→ Work to complete: Below are records; give the number of their lines that hold the word "Performs", and write nothing more.

→ Listed entries:
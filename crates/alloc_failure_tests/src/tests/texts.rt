//! Inputs, and their printed reports.

/// A tracefile with two lines of one file, one line hit. The tracefile's report is the same text.
pub(super) const SMALL: &[u8] = b"TN:t\nSF:/a.c\nDA:1,2\nDA:2,0\nLF:2\nLH:1\nend_of_record\n";

/// The report after `SMALL` was submitted twice.
pub(super) const DOUBLED: &[u8] = b"TN:t\nSF:/a.c\nDA:1,4\nDA:2,0\nLF:2\nLH:1\nend_of_record\n";

/// The report of `SMALL` after its test was renamed to `v`.
pub(super) const RENAMED: &[u8] = b"TN:v\nSF:/a.c\nDA:1,2\nDA:2,0\nLF:2\nLH:1\nend_of_record\n";

/// A tracefile with one line of a file, in two tests.
pub(super) const APART: &[u8] = b"\
TN:t
SF:/a.c
DA:1,2
LF:1
LH:1
end_of_record
TN:u
SF:/a.c
DA:1,3
LF:1
LH:1
end_of_record
";

/// The report of `APART` after `t` was renamed to `u`.
pub(super) const JOINED: &[u8] = b"TN:u\nSF:/a.c\nDA:1,5\nLF:1\nLH:1\nend_of_record\n";

/// A tracefile of LCOV 2 whose printed report is `TRACED`.
pub(super) const LCOV2: &[u8] = b"\
TN:t
SF:tmp.c
FNL:0,2,5
FNA:0,1,main
BRDA:3,e2,0,2
BRDA:3,2,1,1
BRDA:4,0,x,-
DA:2,1
DA:3,3
DA:4,0
DA:5,0
end_of_record
";

/// `SMALL` with a checksum of its first line.
pub(super) const CHECKED: &[u8] = b"TN:t\nSF:/a.c\nDA:1,2,abc\nDA:2,0\nLF:2\nLH:1\nend_of_record\n";

/// The first line of `CHECKED` with another checksum, in another test.
pub(super) const CLASHING: &[u8] = b"TN:u\nSF:/a.c\nDA:1,1,abd\nend_of_record\n";

/// gcov's annotated source, with functions, branches and blocks.
pub(super) const ANNOTATED: &[u8] = b"\
        -:    0:Source:tmp.c
        -:    0:Runs:1
        -:    1:#include <stdio.h>
function main called 1 returned 100% blocks executed 80%
        1:    2:int main(void)
       3*:    3:  if (x)
        3:    3-block  2
branch  0 taken 2 (fallthrough)
branch  1 taken 1
call    2 returned 3
    #####:    4:  f();
branch  0 never executed
    =====:    5:  g();
";

/// The report of `ANNOTATED`, as counts of the test `t`.
pub(super) const TRACED: &[u8] = b"\
TN:t
SF:tmp.c
FN:2,main
FNDA:1,main
FNF:1
FNH:1
BRDA:3,2,0,2
BRDA:3,2,1,1
BRDA:4,0,0,-
BRF:3
BRH:2
DA:2,1
DA:3,3
DA:4,0
DA:5,0
LF:4
LH:2
end_of_record
";
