//! Steps of a book. A failed allocation changes neither the entries nor the totals.

use super::heap::{Call, check_rising, narrow, widen};
use super::made;
use super::said::{BEGUN, STEPS, Step, check_entry, check_told};
use super::wrappers::op_of;
use bumpalo::Bump;
use covbook::{Book, BookFault, Op, Receipt};
use covreport::Table;
use covstore::Store;
use std::alloc::Allocator;
use std::process::Abort;
use std::test::*;

/// A book with the step `BEGUN`, of job 3.
fn begun<A: Allocator + Copy, T: Table<A>>(rt: &impl Abort, alloc: A) -> Book<A, T> {
    let mut book = Book::new(alloc);
    let op = op_of(rt, alloc, BEGUN.asked);
    made(rt, taken(alloc, &mut book, 3, &op, false));
    book
}

/// Performs the step `op` as `job`, in one call or in two halves.
fn taken<A: Allocator + Copy, T: Table<A>>(
    alloc: A,
    book: &mut Book<A, T>,
    job: u32,
    op: &Op<A>,
    in_halves: bool,
) -> Result<Receipt<A>, BookFault> {
    if in_halves {
        let ready = book.ready(alloc, job, op)?;
        Ok(book.finish(ready))
    } else {
        book.step(alloc, job, op)
    }
}

/// Checks that the book has `entries` entries, and checks the last one by `check_entry`. The last entry's totals must be the
/// book's.
fn check_book<A: Allocator + Copy, T: Table<A>>(
    rt: &impl Abort,
    alloc: A,
    book: &Book<A, T>,
    entries: usize,
    job: u32,
    step: Step<'_>,
) {
    assert_eq!(rt; book.entries().len(), entries);
    let last = book.entries().last();
    check_entry(rt, alloc, last, job, step);
    assert!(rt; matches!(last, Some(entry) if entry.after == book.totals()));
}

/// A step that is tried in one call or in two halves, and the heap that its book allocates from.
#[derive(Clone, Copy)]
struct Tried<'a> {
    heap: &'a Bump,
    step: Step<'a>,
    in_halves: bool,
}

/// Checks the receipt of the second step of the book, and the book after it.
fn check_receipt<A: Allocator + Copy, T: Table<A>>(
    rt: &impl Abort,
    alloc: A,
    book: &Book<A, T>,
    receipt: &Receipt<A>,
    step: Step<'_>,
) {
    assert_eq!(rt; receipt.place, 1);
    let totals = book.totals();
    check_told(rt, alloc, &receipt.op, &receipt.answer, totals, step);
    check_book(rt, alloc, book, 2, 4, step);
}

/// Performs the step `op`, which is that of `tried`, as job 4 in the book of `begun`, and checks the result. Returns whether an
/// allocation failed. Leaves the heap with ample capacity.
fn is_step_refused<A: Allocator + Copy, T: Table<A>>(
    rt: &impl Abort,
    alloc: A,
    book: &mut Book<A, T>,
    op: &Op<A>,
    tried: Tried<'_>,
) -> bool {
    let taken = taken(alloc, book, 4, op, tried.in_halves);
    widen(tried.heap);
    match taken {
        Ok(receipt) => {
            check_receipt(rt, alloc, book, &receipt, tried.step);
            false
        }
        Err(fault) => {
            assert_eq!(rt; fault, BookFault::Memory);
            check_book(rt, alloc, book, 1, 3, BEGUN);
            true
        }
    }
}

/// Performs the step in the book of `begun` with a capacity of `room`, and returns whether an allocation failed.
fn is_refused_in<A: Allocator + Copy, T: Table<A>>(
    rt: &impl Abort,
    alloc: A,
    room: usize,
    tried: Tried<'_>,
) -> bool {
    let mut book: Book<A, T> = begun(rt, alloc);
    let op = op_of(rt, alloc, tried.step.asked);
    narrow(rt, tried.heap, room);
    let is_refused = is_step_refused(rt, alloc, &mut book, &op, tried);
    if is_refused {
        assert!(rt;
            !is_step_refused(rt, alloc, &mut book, &op, tried),
            "refused again"
        );
    }
    is_refused
}

/// `is_refused_in` with a book over a `Store`.
fn is_refused_in_store<A: Allocator + Copy>(
    rt: &impl Abort,
    alloc: A,
    room: usize,
    tried: Tried<'_>,
) -> bool {
    is_refused_in::<A, Store<A>>(rt, alloc, room, tried)
}

/// `is_refused_in_store` with the heap as allocator.
pub(super) fn is_refused(
    rt: &impl Abort,
    heap: &Bump,
    room: usize,
    step: Step<'_>,
    in_halves: bool,
) -> bool {
    is_refused_in_store(
        rt,
        heap,
        room,
        Tried {
            heap,
            step,
            in_halves,
        },
    )
}

#[test]
fn steps(rt: HostRuntime) {
    for step in STEPS {
        check_rising(&rt, &[Call::Step(*step, false), Call::Step(*step, true)]);
    }
}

→ Exercise result: 3